▶ TASK STATEMENT
Please copy out all lines of the entries that contain the word "known".

Top of DATA FOR PROCESSING

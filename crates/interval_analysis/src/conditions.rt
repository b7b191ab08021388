//! What tests leave of the ranges of the variables.
ghost use Rattle.std.specs.Prelude.{◌≡◌, ◌+◌, ◌<◌, ◌^◌, MatchOption, IfOk, OnOk};
ghost use Rattle.pap_tree.specs.Term.{term_of, unary, operator};
ghost use Rattle.interval_num.specs.declared.cause.RangeCause.TheVariants.{Wide};
ghost use Rattle.interval_analysis.specs.private.VariableViews.{AreHeld, GoesOn, IsLeft};
ghost use Rattle.pap_tree.specs.private.TreeViews.{one_of, two_of};
ghost use Rattle.interval_analysis.specs.private.ExpressionViews.{CanWalk};
ghost use Rattle.interval_analysis.specs.private.TestViews.{ComparedAnswer, ComparesAs, ComparisonAnswer, HaveShapes, IsInner, IsPlainComparison, OrderAnswer, TestAnswer, comparison_of, order_compared, sides_compared};
ghost use Rattle.interval_analysis.specs.private.Changes.{AreKept};
ghost use Rattle.interval_analysis.specs.private.Notes.{IsNoted};
ghost use Rattle.interval_analysis.specs.private.ComparisonViews.{CanCompare};
ghost use Rattle.interval_analysis.specs.private.Connectives.{FollowAnswer, BehindAnswer, ComparisonFollowed, IsFollowedBy, IsRole, behind_both, connected, directions_of};

use crate::branches::{Branches, Connective, opposite, turned, unchanged_if};
use crate::comparisons::{
    Compared, Sides, are_whole, branch_of, branches_of, can_lead, others, signs_where,
};
use crate::expressions::{Operands, Stop, Walk};
use crate::nodes::{literal, own_two};
use crate::operations::comparison_range;
use crate::variables::{Variables, taken_back};
use interval_num::{Abs, RangeCause, SignSet, abs_cmp, signs};
use pap_tree::{Binary, Call, Expr, Unary};
use pap_types::{NodeKind, outline_of};
use scaled_decimal::Dec;
use std::alloc::AllocError;

/// What is known of a test whose nodes can't fail: its branches, and the number that follows its nodes'.
#[derive(Drop)]
pub(crate) struct Tested {
    pub branches: Branches,
    pub next: u32,
}

/// What is known behind the parts of a connective, which were tested in turn.
#[derive(Clone, Copy)]
struct Followed {
    /// Whether a value leads behind all of them; the variables then have their ranges there.
    is_through: bool,
    /// Whether a value leads out of one of them.
    can_leave: bool,
    next: u32,
}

Bottom of DATA FOR PROCESSING

▶ ANSWER BELOW
/// What is known of a test whose nodes can't fail: its branches, and the number that follows its nodes'.
/// What is known behind the parts of a connective, which were tested in turn.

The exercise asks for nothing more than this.